= Beginning of Section =

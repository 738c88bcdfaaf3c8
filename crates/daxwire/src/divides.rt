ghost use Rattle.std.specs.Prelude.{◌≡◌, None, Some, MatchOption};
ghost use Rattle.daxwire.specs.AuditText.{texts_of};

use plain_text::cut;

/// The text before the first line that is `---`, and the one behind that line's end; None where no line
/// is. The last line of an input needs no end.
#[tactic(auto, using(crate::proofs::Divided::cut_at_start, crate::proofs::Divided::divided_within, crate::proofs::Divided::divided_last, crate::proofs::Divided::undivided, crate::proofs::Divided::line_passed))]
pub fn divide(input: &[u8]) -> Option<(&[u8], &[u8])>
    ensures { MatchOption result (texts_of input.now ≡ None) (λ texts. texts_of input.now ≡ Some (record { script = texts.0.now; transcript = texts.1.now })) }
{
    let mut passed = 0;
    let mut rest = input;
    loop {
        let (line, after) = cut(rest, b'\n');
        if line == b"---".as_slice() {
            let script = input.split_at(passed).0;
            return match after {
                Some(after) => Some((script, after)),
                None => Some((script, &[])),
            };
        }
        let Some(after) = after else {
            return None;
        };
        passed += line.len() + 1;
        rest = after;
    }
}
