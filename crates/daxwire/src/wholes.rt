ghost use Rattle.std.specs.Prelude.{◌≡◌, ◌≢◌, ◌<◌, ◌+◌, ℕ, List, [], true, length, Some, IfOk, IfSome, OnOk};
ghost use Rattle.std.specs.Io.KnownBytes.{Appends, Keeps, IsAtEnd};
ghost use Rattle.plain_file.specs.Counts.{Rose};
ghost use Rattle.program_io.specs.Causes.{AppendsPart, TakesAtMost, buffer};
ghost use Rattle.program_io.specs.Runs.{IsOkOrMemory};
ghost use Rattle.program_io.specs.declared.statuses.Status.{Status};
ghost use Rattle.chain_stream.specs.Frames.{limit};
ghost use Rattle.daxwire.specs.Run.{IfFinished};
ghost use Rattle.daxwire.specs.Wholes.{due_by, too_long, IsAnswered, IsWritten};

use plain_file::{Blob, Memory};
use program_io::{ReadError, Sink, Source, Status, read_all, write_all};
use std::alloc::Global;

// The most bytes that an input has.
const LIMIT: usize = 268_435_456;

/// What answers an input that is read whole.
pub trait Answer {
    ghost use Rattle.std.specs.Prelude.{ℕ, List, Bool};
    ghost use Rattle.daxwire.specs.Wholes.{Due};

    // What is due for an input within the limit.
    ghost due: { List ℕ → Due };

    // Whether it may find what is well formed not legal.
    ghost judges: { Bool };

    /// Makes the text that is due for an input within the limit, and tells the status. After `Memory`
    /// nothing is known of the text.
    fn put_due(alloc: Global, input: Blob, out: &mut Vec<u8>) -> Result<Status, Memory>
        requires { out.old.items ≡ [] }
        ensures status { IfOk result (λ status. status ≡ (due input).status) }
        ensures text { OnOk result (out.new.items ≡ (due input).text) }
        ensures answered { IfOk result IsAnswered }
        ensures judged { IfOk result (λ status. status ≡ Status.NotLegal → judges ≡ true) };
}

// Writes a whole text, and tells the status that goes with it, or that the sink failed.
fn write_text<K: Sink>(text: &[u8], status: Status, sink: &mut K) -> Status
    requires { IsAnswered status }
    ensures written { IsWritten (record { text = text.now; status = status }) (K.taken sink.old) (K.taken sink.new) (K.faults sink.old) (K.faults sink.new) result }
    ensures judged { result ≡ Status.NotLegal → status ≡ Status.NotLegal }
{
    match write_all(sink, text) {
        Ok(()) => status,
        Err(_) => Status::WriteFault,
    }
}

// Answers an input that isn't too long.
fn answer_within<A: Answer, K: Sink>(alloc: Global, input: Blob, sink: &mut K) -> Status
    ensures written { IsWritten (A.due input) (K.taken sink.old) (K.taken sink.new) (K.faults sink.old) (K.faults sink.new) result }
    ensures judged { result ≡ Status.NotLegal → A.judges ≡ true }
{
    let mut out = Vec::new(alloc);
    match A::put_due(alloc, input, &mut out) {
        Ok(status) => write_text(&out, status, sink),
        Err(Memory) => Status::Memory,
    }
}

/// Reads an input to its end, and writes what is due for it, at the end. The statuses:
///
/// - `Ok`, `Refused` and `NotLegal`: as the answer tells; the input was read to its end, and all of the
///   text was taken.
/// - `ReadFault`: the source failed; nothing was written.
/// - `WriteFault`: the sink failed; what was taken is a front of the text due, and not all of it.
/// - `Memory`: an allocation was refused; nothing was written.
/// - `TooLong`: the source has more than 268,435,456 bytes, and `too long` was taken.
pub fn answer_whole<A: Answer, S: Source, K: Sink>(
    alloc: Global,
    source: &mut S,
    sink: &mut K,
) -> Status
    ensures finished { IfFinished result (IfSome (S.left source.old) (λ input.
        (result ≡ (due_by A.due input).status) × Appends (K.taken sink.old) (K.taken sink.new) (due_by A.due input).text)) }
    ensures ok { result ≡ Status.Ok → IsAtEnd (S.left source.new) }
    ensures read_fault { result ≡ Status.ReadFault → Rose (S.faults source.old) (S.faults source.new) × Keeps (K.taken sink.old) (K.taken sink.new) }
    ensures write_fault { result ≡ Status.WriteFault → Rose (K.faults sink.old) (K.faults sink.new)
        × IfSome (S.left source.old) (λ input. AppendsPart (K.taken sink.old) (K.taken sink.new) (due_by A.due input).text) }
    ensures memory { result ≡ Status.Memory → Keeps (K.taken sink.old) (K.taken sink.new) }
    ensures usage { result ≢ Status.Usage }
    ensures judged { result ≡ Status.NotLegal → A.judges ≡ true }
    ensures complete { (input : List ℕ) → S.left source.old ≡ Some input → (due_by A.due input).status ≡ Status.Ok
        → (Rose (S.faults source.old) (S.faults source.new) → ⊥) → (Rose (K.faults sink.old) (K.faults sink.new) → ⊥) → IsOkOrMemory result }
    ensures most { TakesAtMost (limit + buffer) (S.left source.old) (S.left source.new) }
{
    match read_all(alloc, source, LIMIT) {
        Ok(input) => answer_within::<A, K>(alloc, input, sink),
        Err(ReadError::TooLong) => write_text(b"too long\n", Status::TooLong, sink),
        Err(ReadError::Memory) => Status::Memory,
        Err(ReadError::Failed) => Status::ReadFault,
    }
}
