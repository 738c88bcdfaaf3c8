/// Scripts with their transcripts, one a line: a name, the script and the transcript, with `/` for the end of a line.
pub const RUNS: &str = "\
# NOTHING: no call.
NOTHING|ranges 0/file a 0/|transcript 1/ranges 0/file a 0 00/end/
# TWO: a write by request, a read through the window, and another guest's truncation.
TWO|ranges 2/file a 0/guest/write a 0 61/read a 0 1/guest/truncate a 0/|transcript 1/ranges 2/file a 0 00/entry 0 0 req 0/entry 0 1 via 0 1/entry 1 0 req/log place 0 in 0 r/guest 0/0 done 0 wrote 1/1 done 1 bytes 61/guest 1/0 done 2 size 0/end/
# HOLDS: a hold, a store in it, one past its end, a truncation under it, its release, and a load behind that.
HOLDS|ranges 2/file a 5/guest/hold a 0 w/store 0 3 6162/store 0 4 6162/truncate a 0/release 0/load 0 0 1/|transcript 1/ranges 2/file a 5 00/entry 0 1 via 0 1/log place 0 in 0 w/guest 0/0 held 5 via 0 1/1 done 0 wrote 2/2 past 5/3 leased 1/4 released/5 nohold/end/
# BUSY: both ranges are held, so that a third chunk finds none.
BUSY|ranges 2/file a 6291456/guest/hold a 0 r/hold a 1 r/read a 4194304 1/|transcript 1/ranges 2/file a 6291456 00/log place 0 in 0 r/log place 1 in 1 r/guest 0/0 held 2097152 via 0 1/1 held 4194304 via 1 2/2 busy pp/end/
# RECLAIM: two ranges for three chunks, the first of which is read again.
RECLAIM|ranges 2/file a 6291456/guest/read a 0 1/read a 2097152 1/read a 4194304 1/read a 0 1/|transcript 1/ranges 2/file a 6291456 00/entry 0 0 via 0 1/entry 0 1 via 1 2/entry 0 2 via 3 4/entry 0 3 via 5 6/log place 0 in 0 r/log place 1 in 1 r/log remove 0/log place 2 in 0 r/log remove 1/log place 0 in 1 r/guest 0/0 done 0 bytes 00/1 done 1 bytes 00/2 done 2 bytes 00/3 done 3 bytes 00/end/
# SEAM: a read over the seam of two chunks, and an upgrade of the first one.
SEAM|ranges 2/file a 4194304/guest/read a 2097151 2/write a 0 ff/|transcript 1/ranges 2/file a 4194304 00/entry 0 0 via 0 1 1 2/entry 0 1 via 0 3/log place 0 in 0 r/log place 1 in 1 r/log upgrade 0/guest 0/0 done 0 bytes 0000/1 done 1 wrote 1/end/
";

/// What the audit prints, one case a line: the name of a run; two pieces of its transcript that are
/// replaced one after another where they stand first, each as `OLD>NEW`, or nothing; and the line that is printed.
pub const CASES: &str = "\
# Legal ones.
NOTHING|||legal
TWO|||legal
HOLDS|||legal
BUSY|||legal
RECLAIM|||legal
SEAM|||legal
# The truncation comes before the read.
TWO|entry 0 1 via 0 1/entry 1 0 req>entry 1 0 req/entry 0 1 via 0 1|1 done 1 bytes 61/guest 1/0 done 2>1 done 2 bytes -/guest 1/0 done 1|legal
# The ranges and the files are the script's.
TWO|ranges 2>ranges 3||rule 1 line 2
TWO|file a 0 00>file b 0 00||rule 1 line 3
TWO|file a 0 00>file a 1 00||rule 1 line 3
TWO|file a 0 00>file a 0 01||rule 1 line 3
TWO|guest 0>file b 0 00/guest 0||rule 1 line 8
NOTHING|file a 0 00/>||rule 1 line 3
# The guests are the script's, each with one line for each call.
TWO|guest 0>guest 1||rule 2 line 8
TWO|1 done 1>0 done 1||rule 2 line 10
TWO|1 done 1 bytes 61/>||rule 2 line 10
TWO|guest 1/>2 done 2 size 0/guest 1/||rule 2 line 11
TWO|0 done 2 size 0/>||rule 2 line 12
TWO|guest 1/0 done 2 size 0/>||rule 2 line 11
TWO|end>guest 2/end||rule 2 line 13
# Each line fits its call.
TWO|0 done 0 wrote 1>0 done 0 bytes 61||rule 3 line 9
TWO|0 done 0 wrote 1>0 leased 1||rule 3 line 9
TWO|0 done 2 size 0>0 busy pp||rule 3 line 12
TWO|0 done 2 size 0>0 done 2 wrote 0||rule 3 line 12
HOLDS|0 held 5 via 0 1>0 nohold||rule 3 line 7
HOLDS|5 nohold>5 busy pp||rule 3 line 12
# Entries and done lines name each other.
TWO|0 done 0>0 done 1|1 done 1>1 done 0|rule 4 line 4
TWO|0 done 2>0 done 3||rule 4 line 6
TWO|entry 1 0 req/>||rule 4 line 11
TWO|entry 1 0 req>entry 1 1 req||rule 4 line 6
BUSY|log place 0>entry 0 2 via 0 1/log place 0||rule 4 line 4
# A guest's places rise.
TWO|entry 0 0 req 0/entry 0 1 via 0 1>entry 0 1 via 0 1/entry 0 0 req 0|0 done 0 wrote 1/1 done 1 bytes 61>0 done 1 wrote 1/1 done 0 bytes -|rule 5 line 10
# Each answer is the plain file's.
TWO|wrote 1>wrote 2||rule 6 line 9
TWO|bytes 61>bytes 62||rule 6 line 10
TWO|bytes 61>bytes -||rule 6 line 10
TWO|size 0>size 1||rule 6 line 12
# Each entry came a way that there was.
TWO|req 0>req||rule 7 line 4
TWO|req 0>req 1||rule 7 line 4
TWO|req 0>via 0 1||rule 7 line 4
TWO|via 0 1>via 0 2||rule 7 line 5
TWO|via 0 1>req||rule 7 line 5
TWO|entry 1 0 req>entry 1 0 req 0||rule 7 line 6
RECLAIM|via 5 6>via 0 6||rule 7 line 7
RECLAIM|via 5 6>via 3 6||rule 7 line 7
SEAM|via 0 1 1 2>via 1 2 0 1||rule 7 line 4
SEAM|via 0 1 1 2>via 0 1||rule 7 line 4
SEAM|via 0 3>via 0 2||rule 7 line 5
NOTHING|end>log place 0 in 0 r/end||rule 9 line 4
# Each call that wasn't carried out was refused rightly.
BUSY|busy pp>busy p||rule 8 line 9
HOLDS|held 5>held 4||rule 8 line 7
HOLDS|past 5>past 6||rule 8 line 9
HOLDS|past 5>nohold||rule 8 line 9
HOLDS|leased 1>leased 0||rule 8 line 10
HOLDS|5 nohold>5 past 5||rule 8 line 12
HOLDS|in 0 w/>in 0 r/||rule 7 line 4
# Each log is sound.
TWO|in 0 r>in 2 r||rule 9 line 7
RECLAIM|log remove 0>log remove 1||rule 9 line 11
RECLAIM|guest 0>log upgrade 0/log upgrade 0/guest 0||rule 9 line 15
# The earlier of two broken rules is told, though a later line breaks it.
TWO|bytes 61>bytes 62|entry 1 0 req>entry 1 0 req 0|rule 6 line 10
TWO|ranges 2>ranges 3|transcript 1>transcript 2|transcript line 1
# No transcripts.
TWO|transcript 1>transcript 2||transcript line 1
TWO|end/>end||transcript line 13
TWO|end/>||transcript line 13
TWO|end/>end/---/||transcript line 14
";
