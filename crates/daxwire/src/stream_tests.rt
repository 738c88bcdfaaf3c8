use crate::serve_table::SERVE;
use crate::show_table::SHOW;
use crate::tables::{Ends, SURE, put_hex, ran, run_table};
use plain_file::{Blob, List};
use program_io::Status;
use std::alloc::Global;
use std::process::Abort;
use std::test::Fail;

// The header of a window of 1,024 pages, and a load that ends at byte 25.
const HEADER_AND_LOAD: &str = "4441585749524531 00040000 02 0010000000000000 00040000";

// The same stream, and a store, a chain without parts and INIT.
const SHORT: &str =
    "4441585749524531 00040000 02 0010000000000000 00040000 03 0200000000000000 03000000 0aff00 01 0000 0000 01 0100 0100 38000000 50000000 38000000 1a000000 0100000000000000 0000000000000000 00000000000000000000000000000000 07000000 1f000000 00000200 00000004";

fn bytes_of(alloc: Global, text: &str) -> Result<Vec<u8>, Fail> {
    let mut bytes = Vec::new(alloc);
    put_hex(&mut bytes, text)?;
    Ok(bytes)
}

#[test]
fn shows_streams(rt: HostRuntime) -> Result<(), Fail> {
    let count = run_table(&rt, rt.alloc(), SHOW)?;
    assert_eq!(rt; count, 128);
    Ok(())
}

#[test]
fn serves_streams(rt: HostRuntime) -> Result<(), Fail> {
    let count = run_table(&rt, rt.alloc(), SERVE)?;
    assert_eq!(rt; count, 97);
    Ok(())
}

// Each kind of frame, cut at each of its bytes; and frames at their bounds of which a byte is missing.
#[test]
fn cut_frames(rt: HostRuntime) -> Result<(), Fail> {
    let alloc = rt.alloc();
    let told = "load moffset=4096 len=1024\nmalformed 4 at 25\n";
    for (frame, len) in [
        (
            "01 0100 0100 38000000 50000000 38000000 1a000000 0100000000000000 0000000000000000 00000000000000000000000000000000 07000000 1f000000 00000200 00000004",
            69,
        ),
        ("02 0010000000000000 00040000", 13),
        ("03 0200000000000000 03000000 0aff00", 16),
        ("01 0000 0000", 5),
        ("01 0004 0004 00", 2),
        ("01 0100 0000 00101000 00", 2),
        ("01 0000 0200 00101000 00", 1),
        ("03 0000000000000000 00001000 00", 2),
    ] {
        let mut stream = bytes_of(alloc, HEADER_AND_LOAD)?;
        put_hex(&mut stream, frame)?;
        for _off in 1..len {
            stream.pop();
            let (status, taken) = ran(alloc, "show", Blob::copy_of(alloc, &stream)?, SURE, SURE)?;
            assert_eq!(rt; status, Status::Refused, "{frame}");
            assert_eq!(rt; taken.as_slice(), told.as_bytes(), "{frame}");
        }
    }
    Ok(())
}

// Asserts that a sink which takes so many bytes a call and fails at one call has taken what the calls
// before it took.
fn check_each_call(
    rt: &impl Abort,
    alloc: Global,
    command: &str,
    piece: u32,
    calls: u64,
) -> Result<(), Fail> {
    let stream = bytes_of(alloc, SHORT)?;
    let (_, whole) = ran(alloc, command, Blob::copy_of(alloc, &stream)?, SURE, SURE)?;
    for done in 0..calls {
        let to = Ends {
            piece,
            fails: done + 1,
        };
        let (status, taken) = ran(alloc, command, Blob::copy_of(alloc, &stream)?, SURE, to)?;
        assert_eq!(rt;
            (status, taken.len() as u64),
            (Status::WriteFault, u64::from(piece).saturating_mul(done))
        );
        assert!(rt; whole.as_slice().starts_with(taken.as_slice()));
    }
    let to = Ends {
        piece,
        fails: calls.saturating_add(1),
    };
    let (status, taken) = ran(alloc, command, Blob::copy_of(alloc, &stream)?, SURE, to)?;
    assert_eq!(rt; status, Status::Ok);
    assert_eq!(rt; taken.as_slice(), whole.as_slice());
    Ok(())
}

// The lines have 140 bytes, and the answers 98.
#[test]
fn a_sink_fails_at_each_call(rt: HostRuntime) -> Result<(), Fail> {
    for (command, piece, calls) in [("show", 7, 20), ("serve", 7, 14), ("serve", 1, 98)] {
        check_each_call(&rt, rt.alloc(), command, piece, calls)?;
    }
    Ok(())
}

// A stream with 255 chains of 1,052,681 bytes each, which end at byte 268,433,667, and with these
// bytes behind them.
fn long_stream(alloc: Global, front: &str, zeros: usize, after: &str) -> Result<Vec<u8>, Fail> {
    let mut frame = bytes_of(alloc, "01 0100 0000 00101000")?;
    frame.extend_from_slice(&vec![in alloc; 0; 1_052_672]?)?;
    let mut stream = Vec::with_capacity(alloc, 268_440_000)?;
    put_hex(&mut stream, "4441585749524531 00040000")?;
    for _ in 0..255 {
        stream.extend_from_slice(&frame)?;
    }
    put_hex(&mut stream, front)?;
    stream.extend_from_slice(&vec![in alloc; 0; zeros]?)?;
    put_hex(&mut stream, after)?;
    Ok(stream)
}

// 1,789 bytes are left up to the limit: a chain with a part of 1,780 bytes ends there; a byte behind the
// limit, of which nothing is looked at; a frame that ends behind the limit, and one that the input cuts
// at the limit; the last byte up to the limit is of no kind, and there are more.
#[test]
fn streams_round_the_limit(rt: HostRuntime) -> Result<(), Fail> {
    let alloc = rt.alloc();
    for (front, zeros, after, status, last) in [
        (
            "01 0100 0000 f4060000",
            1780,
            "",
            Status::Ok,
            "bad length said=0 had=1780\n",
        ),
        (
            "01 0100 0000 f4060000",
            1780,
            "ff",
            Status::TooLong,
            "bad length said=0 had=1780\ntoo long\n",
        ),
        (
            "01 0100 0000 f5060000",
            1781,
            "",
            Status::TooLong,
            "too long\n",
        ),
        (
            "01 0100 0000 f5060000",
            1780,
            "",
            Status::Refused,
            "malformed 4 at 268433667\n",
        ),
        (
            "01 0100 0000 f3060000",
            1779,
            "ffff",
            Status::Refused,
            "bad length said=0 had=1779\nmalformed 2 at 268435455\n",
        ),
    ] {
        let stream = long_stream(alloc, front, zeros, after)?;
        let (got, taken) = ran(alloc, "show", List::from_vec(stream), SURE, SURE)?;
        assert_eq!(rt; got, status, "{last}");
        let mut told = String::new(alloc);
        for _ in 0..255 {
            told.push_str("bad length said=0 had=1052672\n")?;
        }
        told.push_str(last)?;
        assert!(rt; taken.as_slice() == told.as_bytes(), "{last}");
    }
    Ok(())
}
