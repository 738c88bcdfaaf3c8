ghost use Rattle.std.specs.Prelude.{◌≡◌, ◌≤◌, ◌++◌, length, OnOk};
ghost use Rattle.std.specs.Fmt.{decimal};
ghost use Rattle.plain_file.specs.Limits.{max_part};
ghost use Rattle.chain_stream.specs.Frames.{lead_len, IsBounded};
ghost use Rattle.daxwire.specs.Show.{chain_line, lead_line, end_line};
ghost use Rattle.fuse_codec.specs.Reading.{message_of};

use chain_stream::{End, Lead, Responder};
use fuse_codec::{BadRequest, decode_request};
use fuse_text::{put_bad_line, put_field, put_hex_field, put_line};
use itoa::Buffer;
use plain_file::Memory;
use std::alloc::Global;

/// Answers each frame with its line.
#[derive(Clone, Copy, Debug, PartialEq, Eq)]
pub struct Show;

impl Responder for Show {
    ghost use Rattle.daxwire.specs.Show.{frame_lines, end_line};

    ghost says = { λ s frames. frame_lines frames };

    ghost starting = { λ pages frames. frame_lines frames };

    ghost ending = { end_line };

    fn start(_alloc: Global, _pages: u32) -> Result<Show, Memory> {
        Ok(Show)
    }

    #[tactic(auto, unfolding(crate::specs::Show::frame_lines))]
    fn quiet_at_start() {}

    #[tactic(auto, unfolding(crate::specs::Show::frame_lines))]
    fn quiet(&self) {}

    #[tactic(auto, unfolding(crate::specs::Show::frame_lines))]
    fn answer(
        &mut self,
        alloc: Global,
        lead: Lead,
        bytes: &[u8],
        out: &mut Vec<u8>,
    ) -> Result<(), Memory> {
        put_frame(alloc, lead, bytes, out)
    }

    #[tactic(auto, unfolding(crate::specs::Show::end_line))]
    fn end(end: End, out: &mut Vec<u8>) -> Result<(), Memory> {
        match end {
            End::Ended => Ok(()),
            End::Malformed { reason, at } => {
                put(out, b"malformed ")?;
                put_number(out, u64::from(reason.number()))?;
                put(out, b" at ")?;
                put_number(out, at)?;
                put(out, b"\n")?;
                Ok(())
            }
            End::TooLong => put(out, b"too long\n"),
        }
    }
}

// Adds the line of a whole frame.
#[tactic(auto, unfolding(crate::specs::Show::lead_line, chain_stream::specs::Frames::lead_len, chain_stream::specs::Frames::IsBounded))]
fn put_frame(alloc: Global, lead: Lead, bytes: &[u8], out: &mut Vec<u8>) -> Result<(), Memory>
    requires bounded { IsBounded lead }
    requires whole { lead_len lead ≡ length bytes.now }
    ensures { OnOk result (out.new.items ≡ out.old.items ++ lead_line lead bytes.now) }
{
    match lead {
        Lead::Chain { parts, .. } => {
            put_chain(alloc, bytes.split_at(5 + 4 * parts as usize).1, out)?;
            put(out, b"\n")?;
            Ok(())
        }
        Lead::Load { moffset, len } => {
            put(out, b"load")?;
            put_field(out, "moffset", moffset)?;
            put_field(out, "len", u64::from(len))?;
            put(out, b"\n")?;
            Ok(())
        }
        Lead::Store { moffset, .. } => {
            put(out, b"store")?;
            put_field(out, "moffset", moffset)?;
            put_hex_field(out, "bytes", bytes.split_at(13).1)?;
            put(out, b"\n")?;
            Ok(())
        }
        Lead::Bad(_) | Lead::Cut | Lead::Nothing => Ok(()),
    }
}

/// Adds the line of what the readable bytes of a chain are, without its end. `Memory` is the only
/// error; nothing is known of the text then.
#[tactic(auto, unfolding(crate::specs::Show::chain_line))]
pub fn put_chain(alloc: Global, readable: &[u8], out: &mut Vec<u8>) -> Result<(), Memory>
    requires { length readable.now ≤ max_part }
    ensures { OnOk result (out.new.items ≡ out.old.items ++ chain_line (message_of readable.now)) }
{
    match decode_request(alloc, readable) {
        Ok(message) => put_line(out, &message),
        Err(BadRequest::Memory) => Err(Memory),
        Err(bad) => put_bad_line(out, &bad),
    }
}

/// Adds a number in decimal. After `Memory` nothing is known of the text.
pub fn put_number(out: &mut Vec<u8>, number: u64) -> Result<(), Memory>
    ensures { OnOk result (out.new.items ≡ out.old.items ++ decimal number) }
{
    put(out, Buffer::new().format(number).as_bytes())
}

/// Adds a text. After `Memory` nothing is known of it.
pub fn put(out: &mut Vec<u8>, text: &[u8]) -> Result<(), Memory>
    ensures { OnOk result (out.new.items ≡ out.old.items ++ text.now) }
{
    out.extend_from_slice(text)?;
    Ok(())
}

= End of Section =

> [Try it]
Determine how many lines above contain the word "window", then give the number by itself.

> [Answer to this task]
2